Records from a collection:

•••

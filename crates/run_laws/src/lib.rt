//! Running a script on a room: what a run of lanes is, and how its lanes end.
#![tactic(auto)]

mod ended;
mod laws;

pub use ended::EndedLanes;
pub use laws::{
    BucketsLaw, behind_law, body_law, causes_law, cut_short_law, few_law, finished_law, going_law,
    in_turn_law, need_law, nothing_law, reading_law, ready_law, run_law, so_far_law, status_law,
    told_law,
};
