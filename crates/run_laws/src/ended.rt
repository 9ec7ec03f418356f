//! How the lanes of a run ended.

ghost use Rattle.std.specs.Prelude.{◌≡◌, ◌-◌, is_some, length, slice_set, Some};
ghost use Rattle.run_laws.specs.Lanes.{EndsLane, IsLane, IsSoonest, fault_of, first_fault, most_lanes, none_ended, rank, sooner, with_last};

use fine_model::RunFault;
use std::marker::Model;

/// How many lanes a script may name. They are numbered from 1 on.
const MOST_LANES: usize = 16;

/// For each lane the fault that ended it, where one did. Contracts see the 16 lanes in their order. No call takes memory.
#[derive(Drop)]
pub struct EndedLanes {
    faults: [Option<RunFault>; MOST_LANES],
}

impl Model for EndedLanes {
    ghost use Rattle.std.specs.Prelude.{List, Option};
    ghost use Rattle.fine_model.specs.declared.RunFault.{RunFault as Fault};

    ghost Value = { List (Option Fault) };

    ghost view = { λ lanes. lanes.faults };
}

/// How soon a fault is told among others: want of memory first, then a failed disk, then damage.
fn rank(fault: Option<RunFault>) -> u8
    ensures { result ≡ rank fault }
{
    match fault {
        Some(fault) => match fault {
            RunFault::Memory => 0,
            RunFault::Disk => 1,
            RunFault::Damaged { what: _ } => 2,
        },
        None => 3,
    }
}

/// The fault that is told before another one; the first of equal ones.
fn sooner(a: Option<RunFault>, b: Option<RunFault>) -> Option<RunFault>
    ensures { result ≡ sooner a b }
{
    if rank(b) < rank(a) { b } else { a }
}

impl EndedLanes {
    /// No lane has ended.
    pub fn none() -> EndedLanes
        ensures { result ≡ none_ended }
    {
        EndedLanes {
            faults: [None; MOST_LANES],
        }
    }

    /// Whether a lane has ended.
    pub fn has_ended(&self, lane: u8) -> bool
        requires { IsLane lane }
        ensures { result ≡ is_some (fault_of self.now lane) }
    {
        self.faults[usize::from(lane) - 1].is_some()
    }

    /// Sets the fault of a lane.
    fn set(&mut self, lane: u8, fault: RunFault)
        requires { IsLane lane }
        ensures set { self.new ≡ slice_set self.old (lane - 1) (Some fault) }
        ensures whole { length self.old ≡ most_lanes }
    {
        self.faults[usize::from(lane) - 1] = Some(fault);
    }

    /// Ends a lane by a fault, which takes the place of an earlier one. No other lane ends by it.
    pub fn end(&mut self, lane: u8, fault: RunFault)
        requires { IsLane lane }
        ensures set { self.new ≡ slice_set self.old (lane - 1) (Some fault) }
        ensures ends { EndsLane self.old self.new lane fault }
    {
        self.set(lane, fault);
    }

    /// The soonest of all faults, by going through the lanes.
    #[tactic(auto, unfolding(crate::specs::Lanes::first_fault))]
    fn first(&self) -> Option<RunFault>
        ensures { result ≡ first_fault self.now }
    {
        self.faults
            .iter()
            .fold(None, |told, fault| sooner(told, *fault))
    }

    /// The fault that a run tells: of those that ended lanes want of memory, or else a failed disk, or else the damage of the lowest lane. `None` where
    /// no lane has ended.
    pub fn fault(&self) -> Option<RunFault>
        ensures first { result ≡ first_fault self.now }
        ensures soonest { IsSoonest self.now result }
    {
        self.first()
    }

    /// The fault that a run tells, where one may have come after all lanes, which ended none of them. Of equal ones that of the lowest lane.
    pub fn fault_with(&self, last: Option<RunFault>) -> Option<RunFault>
        ensures { result ≡ first_fault (with_last self.now last) }
    {
        match last {
            Some(fault) => sooner(self.first(), Some(fault)),
            None => self.first(),
        }
    }
}
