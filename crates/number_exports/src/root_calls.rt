// The square root: a double comes as it is, and its root leaves as one lent word.
ghost use Rattle.lent.specs.Outcome.{Handed};
ghost use Rattle.root.specs.Root.{root_of, root_outcome};

use lent::words;
use number_words::word;
use refusals::Refusal;
use root::nearest;

// The root of x, rounded to the nearest double.
pub fn igelbert_square_root(x: f64, out: &mut [u64]) -> u64
    ensures { Handed (root_outcome (root_of x)) out.old out.new result }
{
    match nearest::square_root(x) {
        Ok(y) => words::hand_over(out, &[word::of_double(y)]),
        Err(why) => words::refuse(out, u64::from(Refusal::from(why))),
    }
}
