// Instants and spans: nanoseconds come as they are, and answers leave as one lent word.
ghost use Rattle.std.specs.Prelude.{[], ◌∷◌};
ghost use Rattle.std.specs.Float.Ieee;
ghost use Rattle.std.specs.Float.{binary64};
ghost use Rattle.lent.specs.Outcome.{Handed, Gives};
ghost use Rattle.times.specs.Time.{span_between, instant_after, seconds_of, span_of_seconds};
ghost use Rattle.times.specs.Time.{instant_of_seconds, span_outcome, instant_outcome};

use crate::time_words;
use lent::words;
use number_words::word;
use times::time::{Duration, TimePoint};

// The span from the instant `earlier` to the instant `later`.
pub fn igelbert_span_between(earlier: i64, later: i64, out: &mut [u64]) -> u64
    ensures { Handed (span_outcome (span_between (record { 0 = earlier }) (record { 0 = later }))) out.old out.new result }
{
    time_words::give_span(TimePoint(later).since(TimePoint(earlier)), out)
}

// The instant a span after an instant.
pub fn igelbert_instant_after(instant: i64, span: i64, out: &mut [u64]) -> u64
    ensures { Handed (instant_outcome (instant_after (record { 0 = instant }) (record { 0 = span }))) out.old out.new result }
{
    time_words::give_instant(TimePoint(instant).plus(Duration(span)), out)
}

// The seconds of an instant, as a double.
pub fn igelbert_seconds_of_instant(instant: i64, out: &mut [u64]) -> u64
    ensures { Handed (Gives (Ieee.to_bits binary64 (seconds_of instant) ∷ [])) out.old out.new result }
{
    words::hand_over(out, &[word::of_double(TimePoint(instant).as_secs_f64())])
}

// The seconds of a span, as a double.
pub fn igelbert_seconds_of_span(span: i64, out: &mut [u64]) -> u64
    ensures { Handed (Gives (Ieee.to_bits binary64 (seconds_of span) ∷ [])) out.old out.new result }
{
    words::hand_over(out, &[word::of_double(Duration(span).as_secs_f64())])
}

// The instant that many seconds after the start.
pub fn igelbert_instant_of_seconds(seconds: f64, out: &mut [u64]) -> u64
    ensures { Handed (instant_outcome (instant_of_seconds seconds)) out.old out.new result }
{
    time_words::give_instant(TimePoint::from_secs_f64(seconds), out)
}

// The span of a number of seconds.
pub fn igelbert_span_of_seconds(seconds: f64, out: &mut [u64]) -> u64
    ensures { Handed (span_outcome (span_of_seconds seconds)) out.old out.new result }
{
    time_words::give_span(Duration::from_secs_f64(seconds), out)
}
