// Instants and spans, one word each.
ghost use Rattle.lent.specs.Outcome.{Handed, Refuses};
ghost use Rattle.refusals.specs.Names.{STRAYED};
ghost use Rattle.times.specs.Time.{span_outcome, instant_outcome};

use lent::words;
use number_words::word;
use refusals::Refusal;
use times::time::{Duration, Strayed, TimePoint};

// The refusal of an instant or a span past 2^53 nanoseconds (docs/RULES.md, 4.7).
fn refuse_strayed(why: Strayed, out: &mut [u64]) -> u64
    ensures { Handed (Refuses STRAYED) out.old out.new result }
{
    words::refuse(out, u64::from(Refusal::from(why)))
}

pub fn give_instant(t: Result<TimePoint, Strayed>, out: &mut [u64]) -> u64
    ensures { Handed (instant_outcome t) out.old out.new result }
{
    match t {
        Ok(at) => words::hand_over(out, &[word::of_signed(at.0)]),
        Err(why) => refuse_strayed(why, out),
    }
}

pub fn give_span(s: Result<Duration, Strayed>, out: &mut [u64]) -> u64
    ensures { Handed (span_outcome s) out.old out.new result }
{
    match s {
        Ok(d) => words::hand_over(out, &[word::of_signed(d.0)]),
        Err(why) => refuse_strayed(why, out),
    }
}
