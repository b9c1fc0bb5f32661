//! What stands between threads as tests: streams, the journal's lock, and the merge of logs. They stand apart from the
//! code, so that its proof isn't made again for them.
#![tactic(auto)]

#[cfg(test)]
mod tests;
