//! On one thread and on several.
mod journals;
mod merges;
mod streams;
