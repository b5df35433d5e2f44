// Reads a setup from the file `setup` and operations from standard input, and prints a line per record.
#![tactic(auto)]

ghost use Rattle.std.specs.Prelude.{◌≡◌, ◌+◌, ◌*◌, ◌^◌, ◌≤◌, ◌<◌, length, take};
ghost use Rattle.model.specs.Lent.{lent};
ghost use Rattle.listing.specs.Listing.{line_most};
ghost use Rattle.replay.specs.Replay.{records_in, listed, listed_from, put_at, zeros_for, whole_room, Opened};
ghost use Rattle.cyclerun.specs.Parts.{IsPrefixLen, Opens, PrintsOnly, part_most, part_bytes, Reached, Adds, Ended};

use model::{Entry, Head, Row};
use replay::Run;
use setup::Setup;
use std::fs;
use std::io::Read;
use std::rt::Files;

// The records that are read and printed at once.
const PART: usize = 1024;

const INPUT_BYTES: usize = records::OPERATION_BYTES * PART;

const OUTPUT_BYTES: usize = listing::LINE_MOST * PART;

// No input has as many parts.
const MOST_PARTS: u64 = 1 << 53;

// A part of the input that was run.
#[derive(Clone, Copy)]
struct Part {
    // The run behind it.
    run: Run,
    // How many bytes were read.
    read: usize,
    // Whether the system took the whole text.
    written: bool,
}

// Reads until the room is full, the input ends or a read fails, and answers how many bytes it put at the start of the room.
fn read_full<I: Read>(input: &mut I, room: &mut [u8]) -> usize
    ensures { IsPrefixLen result room.new }
{
    let mut done: usize = 0;
    while done < room.len() {
        let n = input.read(&mut room[done..]).unwrap_or(0);
        if n == 0 {
            break;
        }
        done += n;
    }
    done
}

// Hands the system what a part adds to the print. Setup, parts before and part are there for the contract to speak of.
fn hand_over<P: Print>(system: &P, s: Setup, parts: u64, part: &[u8], text: &[u8]) -> bool
    requires { Adds s parts part.now text.now }
{
    system.write_all(text).is_ok()
}

// Reads the next part of the input, and prints its lines.
fn run_part<I: Read, P: Print>(
    operations: &mut I,
    system: &P,
    s: Setup,
    parts: u64,
    run: Run,
    memory: &mut [u32],
    rows: &mut [u32],
    entries: &mut [u32],
    heads: &mut [u32],
    input: &mut [u8],
    out: &mut [u8],
) -> Part
    requires { (line_most * records_in (length input.old) ≤ length out.old)
        × (run.number + records_in (length input.old) < 2 ^ 64)
        × Reached s parts run (lent memory.old rows.old entries.old heads.old) }
    ensures { ((result.run, (lent memory.new rows.new entries.new heads.new, out.new))
        ≡ put_at out.old 0 (listed s (take result.read input.new) (listed_from run (lent memory.old rows.old entries.old heads.old))))
        × (result.read ≤ length input.new) }
{
    let n = read_full(operations, input);
    let r = replay::part(s, run, &input[..n], memory, rows, entries, heads, out);
    let end = r.end;
    let written = hand_over(system, s, parts, &input[..n], &out[..end]);
    Part {
        run: r,
        read: n,
        written,
    }
}

// Runs to the end of the input, to a bad record or to a write that fails, and answers the last part.
fn run_all<I: Read, P: Print>(
    operations: &mut I,
    system: &P,
    s: Setup,
    memory: &mut [u32],
    rows: &mut [u32],
    entries: &mut [u32],
    heads: &mut [u32],
    input: &mut [u8],
    out: &mut [u8],
) -> Part
    requires { Opened s × (lent memory.old rows.old entries.old heads.old ≡ zeros_for s)
        × (length input.old ≡ part_bytes)
        × (line_most * part_most ≤ length out.old) }
    ensures { Ended s result.run result.read result.written (lent memory.new rows.new entries.new heads.new) input.new }
{
    let mut r = replay::begin(s, memory, rows, entries, heads);
    let mut parts: u64 = 0;
    loop {
        let part = run_part(
            operations, system, s, parts, r, memory, rows, entries, heads, input, out,
        );
        r = part.run;
        parts += 1;
        let on = r.on & part.written & (part.read == input.len()) & (parts < MOST_PARTS);
        if !on {
            return part;
        }
    }
}

// Runs in the part of the program's room that the setup asks for.
fn cut<I: Read, P: Print>(
    operations: &mut I,
    system: &P,
    s: Setup,
    memory: &mut [u32],
    rows: &mut [u32],
    entries: &mut [u32],
    heads: &mut [u32],
    input: &mut [u8],
    out: &mut [u8],
)
    requires { Opened s × (lent memory.old rows.old entries.old heads.old ≡ whole_room)
        × (length input.old ≡ part_bytes)
        × (line_most * part_most ≤ length out.old) }
{
    let words = s.words() as usize;
    let banks = s.banks() as usize;
    let row_numbers = Row::NUMBERS * (s.c as usize);
    let entry_numbers = Entry::NUMBERS * (banks * (s.k as usize));
    let head_numbers = Head::NUMBERS * banks;
    run_all(
        operations,
        system,
        s,
        &mut memory[..words],
        &mut rows[..row_numbers],
        &mut entries[..entry_numbers],
        &mut heads[..head_numbers],
        input,
        out,
    );
}

// Makes the program's room, all zeros, and runs in it. The file is there for the contract to speak of.
fn start<S: Input + Print>(system: &S, file: &[u8], s: Setup)
    requires { Opens file.now s }
{
    let mut memory = [0u32; replay::WORDS];
    let mut rows = [0u32; replay::ROW_NUMBERS];
    let mut entries = [0u32; replay::ENTRY_NUMBERS];
    let mut heads = [0u32; replay::HEAD_NUMBERS];
    let mut input = [0u8; INPUT_BYTES];
    let mut out = [0u8; OUTPUT_BYTES];
    let mut operations = system.reader();
    cut(
        &mut operations,
        system,
        s,
        &mut memory,
        &mut rows,
        &mut entries,
        &mut heads,
        &mut input,
        &mut out,
    );
}

// Reads the file `setup`: no bytes where it is missing.
fn read_setup<S: Files>(system: &S, file: &mut [u8]) -> usize
    ensures { IsPrefixLen result file.new }
{
    match fs::open(system, "setup") {
        Ok(mut opened) => read_full(&mut opened, file),
        Err(_) => 0,
    }
}

// Hands the system the line of a refused setup: all that is printed, whatever the input.
fn refuse<P: Print>(system: &P, file: &[u8], line: &[u8])
    requires { PrintsOnly file.now line.now }
{
    let _ = system.write_all(line);
}

fn main(rt: HostRuntime) {
    // One byte more than a setup has, so that a file that is too long is seen.
    let mut file = [0u8; setuprecord::SETUP_BYTES + 1];
    let n = read_setup(&rt, &mut file);
    match replay::open(&file[..n]) {
        Ok(s) => start(&rt, &file[..n], s),
        Err(refusal) => refuse(&rt, &file[..n], &replay::setup_line(refusal.number())),
    }
}
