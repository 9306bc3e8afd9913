// Reads each line of standard input as a text, and prints what it reads as: the formula's numbers, or the refusal.
// In a line \n, \r, \t and \\ stand for themselves, \xHH is a byte, and {COUNT|TEXT} is TEXT so many times.
#![tactic(auto)]

mod escapes;

use escapes::decode;
use reader::read;
use std::alloc::{AllocError, Global};
use std::io::{BufRead, BufReader};

// What a text reads as, in one line.
fn outcome(heap: Global, text: &[u8]) -> Result<String, AllocError> {
    match read(text) {
        Ok(formula) => {
            let variables = formula.variables();
            let clauses = formula.clauses();
            let bound = formula.bound_variables();
            let levels = formula.levels();
            format!(in heap; "reads: n {variables}, k {clauses}, q {bound}, L {levels}")
        }
        Err(fault) => {
            let number = fault.number();
            let offset = fault.offset();
            let layer = fault.layer();
            format!(in heap; "refused {number} at {offset} by {layer}")
        }
    }
}

fn run(rt: &HostRuntime) -> anyhow::Result<()> {
    let heap = rt.alloc();
    for line in BufReader::new(heap, rt.stdin())?.lines(heap) {
        let line = line?;
        let text = decode(heap, line.as_bytes())?;
        let outcome = outcome(heap, text.as_slice())?;
        println!(rt; "{line}  ->  {outcome}")?;
    }
    Ok(())
}

fn main(rt: HostRuntime) -> anyhow::Result<()> {
    run(&rt)
}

•••

» **Work required**
In the entries above, find each line with "Hands" and copy it.

» **Response below**
// Hands the system what a part adds to the print. Setup, parts before and part are there for the contract to speak of.
// Hands the system the line of a refused setup: all that is printed, whatever the input.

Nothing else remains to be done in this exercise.